[THE INPUT Boundary: Start]

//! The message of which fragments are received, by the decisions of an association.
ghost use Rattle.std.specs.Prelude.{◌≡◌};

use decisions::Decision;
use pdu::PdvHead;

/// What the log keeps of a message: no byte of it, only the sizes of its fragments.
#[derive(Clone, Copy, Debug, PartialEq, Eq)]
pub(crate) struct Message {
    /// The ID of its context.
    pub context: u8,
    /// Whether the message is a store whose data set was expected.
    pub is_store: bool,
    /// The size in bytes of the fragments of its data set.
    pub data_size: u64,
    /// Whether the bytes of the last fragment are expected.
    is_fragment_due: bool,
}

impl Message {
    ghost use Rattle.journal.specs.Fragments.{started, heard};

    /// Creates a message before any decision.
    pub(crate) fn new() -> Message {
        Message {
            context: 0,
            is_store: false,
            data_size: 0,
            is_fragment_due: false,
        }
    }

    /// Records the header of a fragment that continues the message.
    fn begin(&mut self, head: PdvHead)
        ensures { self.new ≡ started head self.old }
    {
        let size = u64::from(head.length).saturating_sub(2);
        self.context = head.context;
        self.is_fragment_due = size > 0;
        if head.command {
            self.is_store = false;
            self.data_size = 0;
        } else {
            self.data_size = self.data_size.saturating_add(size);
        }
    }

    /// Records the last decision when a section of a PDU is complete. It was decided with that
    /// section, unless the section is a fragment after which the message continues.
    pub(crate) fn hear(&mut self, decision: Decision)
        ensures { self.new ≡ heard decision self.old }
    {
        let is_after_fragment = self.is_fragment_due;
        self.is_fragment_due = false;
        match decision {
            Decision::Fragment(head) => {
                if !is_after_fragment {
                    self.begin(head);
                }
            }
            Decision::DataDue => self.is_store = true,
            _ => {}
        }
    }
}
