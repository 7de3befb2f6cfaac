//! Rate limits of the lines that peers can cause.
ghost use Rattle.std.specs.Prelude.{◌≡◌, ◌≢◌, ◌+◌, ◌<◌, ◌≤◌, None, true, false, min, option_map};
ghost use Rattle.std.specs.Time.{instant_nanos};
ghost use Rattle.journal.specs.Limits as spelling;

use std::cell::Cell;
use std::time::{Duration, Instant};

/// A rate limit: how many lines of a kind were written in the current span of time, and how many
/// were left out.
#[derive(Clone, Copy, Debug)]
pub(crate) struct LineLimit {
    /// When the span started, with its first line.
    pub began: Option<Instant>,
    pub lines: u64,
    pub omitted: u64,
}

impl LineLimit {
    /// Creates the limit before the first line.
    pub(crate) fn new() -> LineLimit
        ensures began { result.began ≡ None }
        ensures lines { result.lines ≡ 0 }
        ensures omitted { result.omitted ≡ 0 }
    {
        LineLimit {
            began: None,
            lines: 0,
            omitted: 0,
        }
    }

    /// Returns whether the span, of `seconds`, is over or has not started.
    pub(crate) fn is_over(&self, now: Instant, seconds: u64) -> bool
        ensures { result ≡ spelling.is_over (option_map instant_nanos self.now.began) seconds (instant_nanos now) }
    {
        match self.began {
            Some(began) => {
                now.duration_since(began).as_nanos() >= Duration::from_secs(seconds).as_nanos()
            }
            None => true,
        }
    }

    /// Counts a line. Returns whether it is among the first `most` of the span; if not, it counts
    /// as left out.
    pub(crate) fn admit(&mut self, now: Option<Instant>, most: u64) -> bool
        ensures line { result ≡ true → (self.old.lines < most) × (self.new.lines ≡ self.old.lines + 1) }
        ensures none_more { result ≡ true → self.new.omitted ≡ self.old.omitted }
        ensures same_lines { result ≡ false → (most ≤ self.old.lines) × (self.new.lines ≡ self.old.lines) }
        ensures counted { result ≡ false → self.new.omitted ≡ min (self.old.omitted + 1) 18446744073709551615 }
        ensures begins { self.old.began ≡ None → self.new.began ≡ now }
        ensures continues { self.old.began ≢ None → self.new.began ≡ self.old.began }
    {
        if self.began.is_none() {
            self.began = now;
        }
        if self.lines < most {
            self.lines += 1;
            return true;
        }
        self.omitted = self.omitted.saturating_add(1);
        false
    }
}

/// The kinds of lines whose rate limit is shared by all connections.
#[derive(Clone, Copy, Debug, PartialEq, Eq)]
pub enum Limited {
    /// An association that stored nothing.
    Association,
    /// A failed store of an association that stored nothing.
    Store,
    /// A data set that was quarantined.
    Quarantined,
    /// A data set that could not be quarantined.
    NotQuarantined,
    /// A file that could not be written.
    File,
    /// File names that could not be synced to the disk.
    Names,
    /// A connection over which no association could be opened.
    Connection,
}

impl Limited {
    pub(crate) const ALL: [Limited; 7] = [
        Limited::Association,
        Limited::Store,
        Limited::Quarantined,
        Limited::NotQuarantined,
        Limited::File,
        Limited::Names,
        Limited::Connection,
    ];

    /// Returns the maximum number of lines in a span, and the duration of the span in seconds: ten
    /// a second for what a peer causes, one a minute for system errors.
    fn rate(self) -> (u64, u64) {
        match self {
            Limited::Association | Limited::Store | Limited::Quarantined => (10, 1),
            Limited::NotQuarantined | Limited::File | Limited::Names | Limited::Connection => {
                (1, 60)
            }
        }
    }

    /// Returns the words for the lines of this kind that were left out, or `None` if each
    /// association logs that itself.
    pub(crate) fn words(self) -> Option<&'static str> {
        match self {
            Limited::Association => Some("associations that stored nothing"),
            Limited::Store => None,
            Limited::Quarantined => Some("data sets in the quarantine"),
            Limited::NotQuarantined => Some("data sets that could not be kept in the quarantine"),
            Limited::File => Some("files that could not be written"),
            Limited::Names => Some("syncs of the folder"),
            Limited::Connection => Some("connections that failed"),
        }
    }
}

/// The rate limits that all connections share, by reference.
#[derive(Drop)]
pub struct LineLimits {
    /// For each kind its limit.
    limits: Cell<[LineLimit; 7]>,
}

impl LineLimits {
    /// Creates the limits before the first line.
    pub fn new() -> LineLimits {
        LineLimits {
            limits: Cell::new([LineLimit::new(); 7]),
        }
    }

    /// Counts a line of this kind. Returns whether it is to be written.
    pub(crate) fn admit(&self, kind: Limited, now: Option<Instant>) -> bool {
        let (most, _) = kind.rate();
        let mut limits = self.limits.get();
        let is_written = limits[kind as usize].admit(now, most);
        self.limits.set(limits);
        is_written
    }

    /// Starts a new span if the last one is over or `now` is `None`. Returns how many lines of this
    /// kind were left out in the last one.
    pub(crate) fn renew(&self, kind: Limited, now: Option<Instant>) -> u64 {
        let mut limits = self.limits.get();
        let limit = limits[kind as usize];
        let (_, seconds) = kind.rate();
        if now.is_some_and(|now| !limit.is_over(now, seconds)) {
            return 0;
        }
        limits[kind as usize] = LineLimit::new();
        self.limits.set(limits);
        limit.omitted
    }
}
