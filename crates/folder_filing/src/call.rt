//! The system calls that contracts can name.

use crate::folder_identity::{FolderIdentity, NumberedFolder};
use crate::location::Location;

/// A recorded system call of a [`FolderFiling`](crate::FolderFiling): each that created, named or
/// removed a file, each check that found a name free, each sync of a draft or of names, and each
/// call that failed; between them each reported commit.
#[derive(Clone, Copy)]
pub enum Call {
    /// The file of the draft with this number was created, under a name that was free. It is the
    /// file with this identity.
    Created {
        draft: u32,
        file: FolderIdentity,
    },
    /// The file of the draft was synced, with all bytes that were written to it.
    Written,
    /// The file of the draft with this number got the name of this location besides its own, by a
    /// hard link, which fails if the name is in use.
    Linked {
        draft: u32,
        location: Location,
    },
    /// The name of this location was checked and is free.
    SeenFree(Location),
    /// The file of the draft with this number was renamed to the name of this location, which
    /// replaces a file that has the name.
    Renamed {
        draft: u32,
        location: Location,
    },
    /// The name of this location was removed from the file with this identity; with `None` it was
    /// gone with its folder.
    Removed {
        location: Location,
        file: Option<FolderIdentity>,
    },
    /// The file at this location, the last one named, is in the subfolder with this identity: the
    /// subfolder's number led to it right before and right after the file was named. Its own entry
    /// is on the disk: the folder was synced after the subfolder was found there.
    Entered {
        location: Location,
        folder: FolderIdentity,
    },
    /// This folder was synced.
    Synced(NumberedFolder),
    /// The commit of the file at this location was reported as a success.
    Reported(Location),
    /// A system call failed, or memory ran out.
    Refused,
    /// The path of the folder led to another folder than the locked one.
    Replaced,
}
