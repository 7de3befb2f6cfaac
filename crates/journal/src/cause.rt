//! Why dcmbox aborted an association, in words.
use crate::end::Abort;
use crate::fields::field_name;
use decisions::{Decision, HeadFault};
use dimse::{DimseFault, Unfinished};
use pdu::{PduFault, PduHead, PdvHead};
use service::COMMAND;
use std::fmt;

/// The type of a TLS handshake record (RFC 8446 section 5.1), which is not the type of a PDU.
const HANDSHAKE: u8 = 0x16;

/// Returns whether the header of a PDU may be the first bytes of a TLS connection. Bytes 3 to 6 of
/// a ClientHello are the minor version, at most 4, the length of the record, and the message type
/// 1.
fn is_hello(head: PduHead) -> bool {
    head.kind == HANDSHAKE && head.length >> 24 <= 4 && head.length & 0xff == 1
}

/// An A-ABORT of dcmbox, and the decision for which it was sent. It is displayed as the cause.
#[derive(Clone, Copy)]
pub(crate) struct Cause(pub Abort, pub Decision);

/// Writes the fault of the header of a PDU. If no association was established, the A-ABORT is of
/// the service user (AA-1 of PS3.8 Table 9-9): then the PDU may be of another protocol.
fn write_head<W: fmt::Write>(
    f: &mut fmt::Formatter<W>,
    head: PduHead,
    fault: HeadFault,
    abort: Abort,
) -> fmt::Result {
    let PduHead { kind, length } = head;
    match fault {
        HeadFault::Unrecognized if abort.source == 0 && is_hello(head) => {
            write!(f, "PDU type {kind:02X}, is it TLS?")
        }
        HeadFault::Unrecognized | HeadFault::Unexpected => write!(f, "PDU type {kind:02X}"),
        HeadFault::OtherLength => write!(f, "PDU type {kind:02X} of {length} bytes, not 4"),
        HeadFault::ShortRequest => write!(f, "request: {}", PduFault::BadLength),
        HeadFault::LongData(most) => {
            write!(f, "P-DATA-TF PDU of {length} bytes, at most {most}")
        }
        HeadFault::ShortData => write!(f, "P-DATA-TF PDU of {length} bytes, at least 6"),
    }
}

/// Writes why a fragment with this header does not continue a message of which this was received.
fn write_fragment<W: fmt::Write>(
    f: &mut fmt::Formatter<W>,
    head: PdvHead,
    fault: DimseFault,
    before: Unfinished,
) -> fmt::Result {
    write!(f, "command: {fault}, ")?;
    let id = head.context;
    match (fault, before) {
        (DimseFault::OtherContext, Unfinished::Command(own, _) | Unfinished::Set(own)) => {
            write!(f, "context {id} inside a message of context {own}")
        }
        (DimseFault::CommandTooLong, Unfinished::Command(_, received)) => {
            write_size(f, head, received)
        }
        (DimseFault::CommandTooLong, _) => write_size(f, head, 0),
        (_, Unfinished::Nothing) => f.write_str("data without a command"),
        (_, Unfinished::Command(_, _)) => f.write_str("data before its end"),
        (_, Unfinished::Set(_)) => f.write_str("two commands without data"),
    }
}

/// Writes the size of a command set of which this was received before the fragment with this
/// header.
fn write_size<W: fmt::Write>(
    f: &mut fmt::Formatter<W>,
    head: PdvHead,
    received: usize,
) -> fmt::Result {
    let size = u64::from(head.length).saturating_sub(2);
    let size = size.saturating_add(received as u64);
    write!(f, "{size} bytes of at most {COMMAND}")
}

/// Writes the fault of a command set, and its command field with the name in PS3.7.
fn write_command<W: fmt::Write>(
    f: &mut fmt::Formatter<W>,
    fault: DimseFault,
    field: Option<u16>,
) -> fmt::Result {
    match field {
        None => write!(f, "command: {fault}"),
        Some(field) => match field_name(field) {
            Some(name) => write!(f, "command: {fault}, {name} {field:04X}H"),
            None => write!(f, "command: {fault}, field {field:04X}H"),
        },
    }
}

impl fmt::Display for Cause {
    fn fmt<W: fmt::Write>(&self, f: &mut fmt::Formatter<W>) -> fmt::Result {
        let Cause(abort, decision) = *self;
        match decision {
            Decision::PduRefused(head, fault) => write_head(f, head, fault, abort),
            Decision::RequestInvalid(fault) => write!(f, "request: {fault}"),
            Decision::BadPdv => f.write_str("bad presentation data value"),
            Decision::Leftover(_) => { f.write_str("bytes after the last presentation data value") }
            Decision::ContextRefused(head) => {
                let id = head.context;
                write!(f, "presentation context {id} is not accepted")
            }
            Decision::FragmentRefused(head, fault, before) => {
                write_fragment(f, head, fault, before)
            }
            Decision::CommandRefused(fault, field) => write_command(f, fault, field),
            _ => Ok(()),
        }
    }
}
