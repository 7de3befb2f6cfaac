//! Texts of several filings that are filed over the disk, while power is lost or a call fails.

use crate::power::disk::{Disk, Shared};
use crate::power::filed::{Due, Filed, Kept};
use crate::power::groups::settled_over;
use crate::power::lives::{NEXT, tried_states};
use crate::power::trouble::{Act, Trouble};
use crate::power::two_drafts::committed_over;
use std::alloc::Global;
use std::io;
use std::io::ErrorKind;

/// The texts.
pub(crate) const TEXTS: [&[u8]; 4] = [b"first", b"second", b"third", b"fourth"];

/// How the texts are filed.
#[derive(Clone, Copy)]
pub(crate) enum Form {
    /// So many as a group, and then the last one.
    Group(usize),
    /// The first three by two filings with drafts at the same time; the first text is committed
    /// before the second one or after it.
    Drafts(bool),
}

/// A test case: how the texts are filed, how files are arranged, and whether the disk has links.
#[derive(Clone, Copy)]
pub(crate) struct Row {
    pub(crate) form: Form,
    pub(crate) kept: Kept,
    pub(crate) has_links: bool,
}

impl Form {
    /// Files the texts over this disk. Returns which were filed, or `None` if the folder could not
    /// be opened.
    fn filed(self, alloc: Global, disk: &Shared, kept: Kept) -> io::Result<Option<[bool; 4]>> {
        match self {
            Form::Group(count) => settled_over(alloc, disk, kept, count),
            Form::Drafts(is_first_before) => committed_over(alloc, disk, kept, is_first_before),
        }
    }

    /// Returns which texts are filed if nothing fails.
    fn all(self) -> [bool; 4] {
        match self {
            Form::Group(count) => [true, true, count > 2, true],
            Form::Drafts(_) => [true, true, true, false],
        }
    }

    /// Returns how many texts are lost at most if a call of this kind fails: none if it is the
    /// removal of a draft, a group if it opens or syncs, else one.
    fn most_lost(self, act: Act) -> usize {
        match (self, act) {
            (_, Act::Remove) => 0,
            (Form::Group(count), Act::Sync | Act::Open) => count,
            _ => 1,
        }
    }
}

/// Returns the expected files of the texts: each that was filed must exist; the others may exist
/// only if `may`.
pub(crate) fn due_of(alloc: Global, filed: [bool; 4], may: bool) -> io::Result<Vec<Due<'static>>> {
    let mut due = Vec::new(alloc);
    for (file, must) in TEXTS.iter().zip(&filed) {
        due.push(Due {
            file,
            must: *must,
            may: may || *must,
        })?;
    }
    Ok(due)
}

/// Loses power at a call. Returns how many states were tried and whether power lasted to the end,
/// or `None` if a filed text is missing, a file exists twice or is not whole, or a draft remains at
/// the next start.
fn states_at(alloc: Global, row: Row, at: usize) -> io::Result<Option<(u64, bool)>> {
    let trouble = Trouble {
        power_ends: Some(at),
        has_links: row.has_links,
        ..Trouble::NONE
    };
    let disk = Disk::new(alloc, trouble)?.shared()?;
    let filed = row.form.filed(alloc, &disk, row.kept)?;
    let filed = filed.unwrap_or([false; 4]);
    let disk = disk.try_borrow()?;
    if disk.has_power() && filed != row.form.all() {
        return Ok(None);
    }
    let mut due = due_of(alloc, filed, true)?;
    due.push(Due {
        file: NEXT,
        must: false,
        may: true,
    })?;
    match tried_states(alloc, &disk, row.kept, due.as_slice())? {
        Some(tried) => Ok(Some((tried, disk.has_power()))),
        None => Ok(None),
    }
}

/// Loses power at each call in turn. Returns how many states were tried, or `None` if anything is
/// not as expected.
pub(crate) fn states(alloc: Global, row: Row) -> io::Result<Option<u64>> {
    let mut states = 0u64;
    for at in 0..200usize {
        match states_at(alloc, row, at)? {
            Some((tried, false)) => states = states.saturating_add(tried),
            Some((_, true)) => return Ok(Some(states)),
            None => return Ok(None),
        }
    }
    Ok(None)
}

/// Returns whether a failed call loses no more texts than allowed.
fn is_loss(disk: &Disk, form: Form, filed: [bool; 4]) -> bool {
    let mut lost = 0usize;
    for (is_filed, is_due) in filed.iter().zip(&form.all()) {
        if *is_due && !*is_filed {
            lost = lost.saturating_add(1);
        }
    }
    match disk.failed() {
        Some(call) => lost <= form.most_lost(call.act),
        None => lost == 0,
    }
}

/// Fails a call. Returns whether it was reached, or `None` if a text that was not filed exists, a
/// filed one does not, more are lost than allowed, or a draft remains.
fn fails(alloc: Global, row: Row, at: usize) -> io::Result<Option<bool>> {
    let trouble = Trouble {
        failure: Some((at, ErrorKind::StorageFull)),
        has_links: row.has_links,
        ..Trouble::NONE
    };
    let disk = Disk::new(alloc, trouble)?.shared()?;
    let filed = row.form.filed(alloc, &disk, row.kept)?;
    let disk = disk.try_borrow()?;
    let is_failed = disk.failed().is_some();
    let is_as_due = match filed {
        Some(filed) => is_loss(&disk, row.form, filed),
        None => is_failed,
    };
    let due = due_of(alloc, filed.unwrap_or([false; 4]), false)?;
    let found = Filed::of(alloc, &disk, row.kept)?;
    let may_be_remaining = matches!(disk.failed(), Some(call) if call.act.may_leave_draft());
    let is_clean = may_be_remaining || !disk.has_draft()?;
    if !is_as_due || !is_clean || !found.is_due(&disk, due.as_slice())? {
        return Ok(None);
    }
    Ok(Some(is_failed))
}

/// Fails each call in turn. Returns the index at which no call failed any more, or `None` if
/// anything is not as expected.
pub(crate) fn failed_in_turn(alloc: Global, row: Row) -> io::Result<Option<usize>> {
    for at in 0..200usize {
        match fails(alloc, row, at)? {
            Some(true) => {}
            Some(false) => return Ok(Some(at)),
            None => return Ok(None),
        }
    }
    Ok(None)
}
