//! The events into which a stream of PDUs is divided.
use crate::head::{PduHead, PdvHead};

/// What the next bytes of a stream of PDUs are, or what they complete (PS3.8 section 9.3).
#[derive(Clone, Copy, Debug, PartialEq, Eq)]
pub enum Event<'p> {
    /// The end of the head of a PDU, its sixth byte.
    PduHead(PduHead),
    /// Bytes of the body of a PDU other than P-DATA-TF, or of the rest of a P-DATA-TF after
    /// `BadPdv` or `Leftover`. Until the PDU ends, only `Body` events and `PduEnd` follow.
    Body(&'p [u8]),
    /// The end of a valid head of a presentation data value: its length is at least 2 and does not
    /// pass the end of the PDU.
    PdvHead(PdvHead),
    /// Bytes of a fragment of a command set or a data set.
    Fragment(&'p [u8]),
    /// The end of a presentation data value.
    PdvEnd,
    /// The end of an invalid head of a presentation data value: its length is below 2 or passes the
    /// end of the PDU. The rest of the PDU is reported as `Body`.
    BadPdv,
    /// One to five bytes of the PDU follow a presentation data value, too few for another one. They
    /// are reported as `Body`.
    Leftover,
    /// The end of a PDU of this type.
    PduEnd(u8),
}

[THE INPUT Boundary: End]

PROBLEM STATEMENT: Take the listing above from its first line through the line containing "self.is_fragment_due = false;", and transcribe that stretch exactly, with no other lines.

COMPLETED EXERCISE:
//! The message of which fragments are received, by the decisions of an association.
ghost use Rattle.std.specs.Prelude.{◌≡◌};

use decisions::Decision;
use pdu::PdvHead;

/// What the log keeps of a message: no byte of it, only the sizes of its fragments.
#[derive(Clone, Copy, Debug, PartialEq, Eq)]
pub(crate) struct Message {
    /// The ID of its context.
    pub context: u8,
    /// Whether the message is a store whose data set was expected.
    pub is_store: bool,
    /// The size in bytes of the fragments of its data set.
    pub data_size: u64,
    /// Whether the bytes of the last fragment are expected.
    is_fragment_due: bool,
}

impl Message {
    ghost use Rattle.journal.specs.Fragments.{started, heard};

    /// Creates a message before any decision.
    pub(crate) fn new() -> Message {
        Message {
            context: 0,
            is_store: false,
            data_size: 0,
            is_fragment_due: false,
        }
    }

    /// Records the header of a fragment that continues the message.
    fn begin(&mut self, head: PdvHead)
        ensures { self.new ≡ started head self.old }
    {
        let size = u64::from(head.length).saturating_sub(2);
        self.context = head.context;
        self.is_fragment_due = size > 0;
        if head.command {
            self.is_store = false;
            self.data_size = 0;
        } else {
            self.data_size = self.data_size.saturating_add(size);
        }
    }

    /// Records the last decision when a section of a PDU is complete. It was decided with that
    /// section, unless the section is a fragment after which the message continues.
    pub(crate) fn hear(&mut self, decision: Decision)
        ensures { self.new ≡ heard decision self.old }
    {
        let is_after_fragment = self.is_fragment_due;
        self.is_fragment_due = false;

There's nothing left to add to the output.